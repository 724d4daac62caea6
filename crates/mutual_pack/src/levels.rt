//! The common level of members.
ghost use Rattle.std.specs.Prelude.{◌≡◌, ◌<◌, ◌+◌, ◌^◌, length, map};
ghost use Rattle.core_terms.specs.Meanings.{tree_of};
ghost use Rattle.core_sig.specs.Raw.{member_of};
ghost use Rattle.mutual_pack.specs.Packing as spec;

use crate::MutualStop;
use core_sig::RawMember;
use core_terms::{TOP, Term};

/// Whether the type is `Type l`.
fn is_sort(l: u8, t: &Term) -> bool
    ensures { result ≡ spec.is_sort l (tree_of t.now) }
{
    match t {
        Term::Sort(i) => *i == l,
        _ => false,
    }
}

/// The first member, of those from `number` on, with another type than `Type l`.
fn other_level(l: u8, number: u32, members: &[RawMember]) -> Option<u32>
    requires { number + length members.now < 2 ^ 32 }
    ensures { result ≡ spec.other_level l number (map member_of members.now) }
{
    match members {
        [] => None,
        [member, rest @ ..] => {
            if is_sort(l, &member.ty) {
                other_level(l, number + 1, rest)
            } else {
                Some(number)
            }
        }
    }
}

/// The level `l` of the first member, where those after it have the same.
fn level_with(l: u8, rest: &[RawMember]) -> Result<u8, MutualStop>
    requires { 2 + length rest.now < 2 ^ 32 }
    ensures { result ≡ spec.level_with l (map member_of rest.now) }
{
    if l > TOP - 2 {
        return Err(MutualStop::MemberLevel(1));
    }
    match other_level(l, 2, rest) {
        Some(number) => Err(MutualStop::MemberLevel(number)),
        None => Ok(l),
    }
}

/// The level of a first member with the type `ty` and of those after it.
fn level_from(ty: &Term, rest: &[RawMember]) -> Result<u8, MutualStop>
    requires { 2 + length rest.now < 2 ^ 32 }
    ensures { result ≡ spec.level_from (tree_of ty.now) (map member_of rest.now) }
{
    match ty {
        Term::Sort(l) => level_with(*l, rest),
        _ => Err(MutualStop::MemberLevel(1)),
    }
}

/// The common level of the members.
pub fn common_level(members: &[RawMember]) -> Result<u8, MutualStop>
    requires { 2 + length members.now < 2 ^ 32 }
    ensures { result ≡ spec.common_level (map member_of members.now) }
{
    match members {
        [] => Ok(0),
        [member, rest @ ..] => level_from(&member.ty, rest),
    }
}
-------------------------
**Work item:**
Which lines of the data hold the string "Rattle"? Return each of them.

**Answer to the exercise:**
ghost use Rattle.std.specs.Prelude.{◌≡◌, ◌<◌, ◌+◌, ◌^◌, length, map};
ghost use Rattle.core_terms.specs.Meanings.{tree_of};
ghost use Rattle.core_sig.specs.Raw.{member_of};
ghost use Rattle.mutual_pack.specs.Packing as spec;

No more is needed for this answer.